How does Africans fathom the fact that Tandja believes that he is the only one, out of the 14 million Nigeriens, that can “complete major investment projects” in Niger? His silly believes, floated by juju-marabout spiritual mediums who buzz around him, come from the African traditional superstitious belief that he is God sent. It is such ridiculous believes that make the African Big Man looks down on their citizenry no matter their material concerns that saw the likes of dictatorial Idi Amin blow their countries into pieces.

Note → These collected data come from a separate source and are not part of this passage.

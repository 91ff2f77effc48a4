//! Errors of JSON-RPC 2.0, and the statuses of HTTP that they come with.
ghost use Rattle.std.specs.Prelude.{◌≡◌, IfOk};
ghost use Rattle.std.specs.String.{string_bytes};
ghost use Rattle.http_messages.specs.Faults.{request_fault_text};
ghost use Rattle.http_messages.specs.Errors.{reason_text, kind_text, error_text, fault_kind, service_status, service_kind, service_text, refusal_status, refusal_kind, submit_refusal_sentence};

use crate::RequestFault;
use crate::answer::ServiceFault;
use ledger_model::SubmitRefusal;
use std::alloc::{AllocError, Global};

/// A kind of error of JSON-RPC 2.0.
#[derive(Clone, Copy)]
pub(crate) enum ErrorKind {
    InvalidRequest,
    InvalidParams,
    MethodNotFound,
    Internal,
}

/// The reason phrase of a status.
#[tactic(auto, unfolding(crate::specs::Errors::reason_text))]
pub(crate) fn reason(status: u16) -> &'static str
    ensures { result.now ≡ reason_text status }
{
    match status {
        200 => "OK",
        400 => "Bad Request",
        404 => "Not Found",
        405 => "Method Not Allowed",
        431 => "Request Header Fields Too Large",
        503 => "Service Unavailable",
        _ => "Internal Server Error",
    }
}

/// The code and the message of a kind of error.
fn kind_text(kind: ErrorKind) -> &'static str
    ensures { result.now ≡ kind_text kind }
{
    match kind {
        ErrorKind::InvalidRequest => "\"code\":-32600,\"message\":\"Invalid Request\"",
        ErrorKind::InvalidParams => "\"code\":-32602,\"message\":\"Invalid params\"",
        ErrorKind::MethodNotFound => "\"code\":-32601,\"message\":\"Method not found\"",
        ErrorKind::Internal => "\"code\":-32603,\"message\":\"Internal error\"",
    }
}

/// The body of a reply with an error, which says this sentence.
#[tactic(auto, unfolding(crate::specs::Errors::error_text))]
fn error_body(alloc: Global, kind: ErrorKind, sentence: &str) -> Result<String, AllocError>
    ensures { IfOk result (λ body. string_bytes body ≡ error_text (kind_text kind) sentence.now) }
{
    let kind = kind_text(kind);
    format!(in alloc;
        "{{\"jsonrpc\":\"2.0\",\"id\":-1,\"error\":{{{kind},\"data\":\"{sentence}\"}}}}"
    )
}

/// The kind of error that a fault of a request is.
fn fault_kind(fault: RequestFault) -> ErrorKind
    ensures { result ≡ fault_kind fault }
{
    match fault {
        RequestFault::Parameter(_) => ErrorKind::InvalidParams,
        RequestFault::NotFound => ErrorKind::MethodNotFound,
        RequestFault::NoMemory => ErrorKind::Internal,
        RequestFault::Malformed
        | RequestFault::Incomplete
        | RequestFault::Method
        | RequestFault::TooLong => ErrorKind::InvalidRequest,
    }
}

/// The body of the reply to a request with a fault.
pub(crate) fn fault_body(alloc: Global, fault: RequestFault) -> Result<String, AllocError>
    ensures { IfOk result (λ body. string_bytes body ≡ error_text (kind_text (fault_kind fault)) (request_fault_text fault)) }
{
    let sentence = format!(in alloc; "{fault}")?;
    error_body(alloc, fault_kind(fault), &sentence)
}

/// The status of a reply that says that a question has no answer.
pub(crate) fn service_status(fault: ServiceFault) -> u16
    ensures { result ≡ service_status fault }
{
    match fault {
        ServiceFault::NoReplica | ServiceFault::NotLastHeight => 400,
        ServiceFault::NotCommitted | ServiceFault::TimedOut | ServiceFault::Stranger => 500,
        ServiceFault::HistoryFull | ServiceFault::Stopping => 503,
    }
}

fn service_kind(fault: ServiceFault) -> ErrorKind
    ensures { result ≡ service_kind fault }
{
    match fault {
        ServiceFault::NoReplica | ServiceFault::NotLastHeight => ErrorKind::InvalidParams,
        _ => ErrorKind::Internal,
    }
}

fn service_text(fault: ServiceFault) -> &'static str
    ensures { result.now ≡ service_text fault }
{
    match fault {
        ServiceFault::NoReplica => "the cluster has no such replica",
        ServiceFault::NotCommitted => "the replica has not committed this height",
        ServiceFault::NotLastHeight => "the application answers as of its last block alone",
        ServiceFault::HistoryFull => "the replica's history has no entries left for clients",
        ServiceFault::TimedOut => "timed out waiting for tx to be included in a block",
        ServiceFault::Stopping => "the cluster was asked to stop",
        ServiceFault::Stranger => "the state of this replica is not its own",
    }
}

/// The body of a reply that says that a question has no answer.
pub(crate) fn service_body(alloc: Global, fault: ServiceFault) -> Result<String, AllocError>
    ensures { IfOk result (λ body. string_bytes body ≡ error_text (kind_text (service_kind fault)) (service_text fault)) }
{
    error_body(alloc, service_kind(fault), service_text(fault))
}

/// The status of the reply to a transaction that the pool refused. If the application refused it, that is an answer and no error.
pub(crate) fn refusal_status(refusal: SubmitRefusal) -> u16
    ensures { result ≡ refusal_status refusal }
{
    match refusal {
        SubmitRefusal::Empty | SubmitRefusal::TooLong => 400,
        SubmitRefusal::Duplicate | SubmitRefusal::Full => 500,
        SubmitRefusal::Rejected(_) => 200,
    }
}

fn refusal_kind(refusal: SubmitRefusal) -> ErrorKind
    ensures { result ≡ refusal_kind refusal }
{
    match refusal {
        SubmitRefusal::Empty | SubmitRefusal::TooLong => ErrorKind::InvalidParams,
        _ => ErrorKind::Internal,
    }
}

fn refusal_text(refusal: SubmitRefusal) -> &'static str
    ensures { result.now ≡ submit_refusal_sentence refusal }
{
    match refusal {
        SubmitRefusal::Empty => "the transaction has no byte",
        SubmitRefusal::TooLong => "the transaction has more than 64 bytes",
        SubmitRefusal::Duplicate => "tx already exists in cache",
        SubmitRefusal::Full => "mempool is full",
        SubmitRefusal::Rejected(_) => "the application refuses the transaction",
    }
}

/// The body of a reply that says why the pool refused a transaction.
pub(crate) fn refusal_body(alloc: Global, refusal: SubmitRefusal) -> Result<String, AllocError>
    ensures { IfOk result (λ body. string_bytes body ≡ error_text (kind_text (refusal_kind refusal)) (submit_refusal_sentence refusal)) }
{
    error_body(alloc, refusal_kind(refusal), refusal_text(refusal))
}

Prof. A.K.P. Kludze, former Justice of Ghana’s Supreme Court, talks of how though President Kwame Nkrumah was a freedom fighter and a committed Pan-Africanist, he later allowed the unrestrained Big Man syndrome to turn Ghana into a one-party state at his time, becoming the live chairman of his ruling Conventions People’s Party and the general secretary of the party’s Central Committee. “Nobody dared challenge him because it was considered treasonous to challenge him. He made a law that said that nobody could stand as a candidate unless his candidature was approved by the General Secretary of the party, that is he himself.”
Tandja was an example of Big Man syndrome, scheming to rule for life against the multi-ethnic make-up of Niger that will be enriched better with healthy democracy and freedoms. But Tandja can’t let go the Big Man syndrome. Tandja believes he is the only man destined by God to rule Niger. Tandja is a throwback to Africa’s period of paranoid one-party systems and military juntas that darkened most part of post-independent Africa.

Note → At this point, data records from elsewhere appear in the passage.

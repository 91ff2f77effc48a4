//! The parameters of a query.
ghost use Rattle.std.specs.Prelude.{◌≡◌, option_map, IsErrOf, IsTrue};
ghost use Rattle.http_messages.specs.Faults.{IsExpected};
ghost use Rattle.http_messages.specs.Parameters.{value_of, required_bytes, optional_number, replica_in, is_given};
ghost use Rattle.http_messages.specs.declared.fault.Parameter.TheVariants as parameters;

use crate::fault::{Parameter, RequestFault};
use crate::values::{byte_string, decoded, written_number};
use form_urlencoded::raw_pairs;
use ledger_model::{Height, ReplicaId};
use std::alloc::Global;

/// The value of the first pair of this name, still encoded.
fn value_of<'q>(name: &[u8], query: &'q [u8]) -> Option<&'q [u8]>
    ensures { option_map (λ value. value.now) result ≡ value_of name.now query.now }
{
    for (written, value) in raw_pairs(query) {
        if written == name {
            return Some(value);
        }
    }
    None
}

/// The bytes that a parameter has, which must be there.
#[tactic(auto, unfolding(crate::specs::Parameters::required_bytes))]
pub(crate) fn required_bytes(
    alloc: Global,
    parameter: Parameter,
    query: &[u8],
) -> Result<Vec<u8>, RequestFault>
    ensures gives { IsExpected (λ bytes. bytes.items) result (required_bytes parameter query.now) }
    ensures memory { IsErrOf result RequestFault.NoMemory → IsTrue (is_given parameter query.now) }
{
    let Some(encoded) = value_of(parameter.name().as_bytes(), query) else {
        return Err(RequestFault::Parameter(parameter));
    };
    let text = decoded(alloc, encoded)?;
    match byte_string(alloc, &text)? {
        Some(bytes) => Ok(bytes),
        None => Err(RequestFault::Parameter(parameter)),
    }
}

/// The number below 2^32 that a parameter has, if it is there.
#[tactic(auto, unfolding(crate::specs::Parameters::optional_number))]
fn optional_number(
    alloc: Global,
    parameter: Parameter,
    query: &[u8],
) -> Result<Option<u32>, RequestFault>
    ensures gives { IsExpected (λ number. number) result (optional_number parameter query.now) }
    ensures memory { IsErrOf result RequestFault.NoMemory → IsTrue (is_given parameter query.now) }
{
    let Some(encoded) = value_of(parameter.name().as_bytes(), query) else {
        return Ok(None);
    };
    let text = decoded(alloc, encoded)?;
    match written_number(&text) {
        Some(number) => Ok(Some(number)),
        None => Err(RequestFault::Parameter(parameter)),
    }
}

/// The height that the query names, if it names one.
pub(crate) fn height_in(alloc: Global, query: &[u8]) -> Result<Option<Height>, RequestFault>
    ensures gives { IsExpected (λ height. height) result (optional_number parameters.Height query.now) }
    ensures memory { IsErrOf result RequestFault.NoMemory → IsTrue (is_given parameters.Height query.now) }
{
    match optional_number(alloc, Parameter::Height, query)? {
        Some(number) => Ok(Some(Height::new(number))),
        None => Ok(None),
    }
}

/// The replica that the query names, if it names one.
#[tactic(auto, using(crate::proofs::Steps::first_fault), unfolding(crate::specs::Parameters::replica_in))]
pub(crate) fn replica_in(alloc: Global, query: &[u8]) -> Result<Option<ReplicaId>, RequestFault>
    ensures gives { IsExpected (λ replica. replica) result (replica_in query.now) }
    ensures memory { IsErrOf result RequestFault.NoMemory → IsTrue (is_given parameters.Replica query.now) }
{
    match optional_number(alloc, Parameter::Replica, query)? {
        Some(number) => match u8::try_from(number) {
            Ok(replica) => Ok(Some(ReplicaId::new(replica))),
            Err(_) => Err(RequestFault::Parameter(Parameter::Replica)),
        },
        None => Ok(None),
    }
}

Tandja had his first taste of power after a 1974 coup. As a symptom of the Big Man syndrome, Tandja’s geocentricisms became oblivious to criticism from Africa and the international community. Tandja overturned the country’s infant democracy (since 1999) by cleverly appropriating its democratic tenets to create a domineering President-for-Life system a la Kwame Nkrumah. The psychology informing Tandja’s thinking is a page from the unelected Jerry Rawlings telling Ghanaians “To whom,” when asked to hand over power in the 1980s and give way to democracy.
In Sierra Leone, President Siaka Stevens told Sierra Leoneans, “Pass I die” (Till I die I remain President no matter what) when asked to democratize against the realities on the ground. Stevens prepared the grounds for Sierra Leone’s eventual explosion. In Liberia, as Samuel Doe messed-up the democratic system in an atmosphere of extreme autocracy, he and his cronies shouted, “No Doe, No Liberia.” Doe ended up blowing Liberia into pieces. Generally, Africa’s long gone “President-for-Life” culture reveals that the Big Man looks down on the citizenry, believing they are God chosen against the democratic and development aspirations of the masses, damning the consequences.
But Tandja wasn’t positively tapping into current African development thinking. “No Tandja, No Niger,” Tandja indirectly tells Nigeriens and Africans. What is the antidote to Niger’s development challenges, the Big Man syndrome and in dealing with the likes of Tandja? Not military coups but education, the rule of law, human rights, freedoms, democracy and “teachable moments” of African current events. And what lawyers call an admission against interest: the best way to understand Niger is to get to the bottom of its painful events and that’s to start reading its history.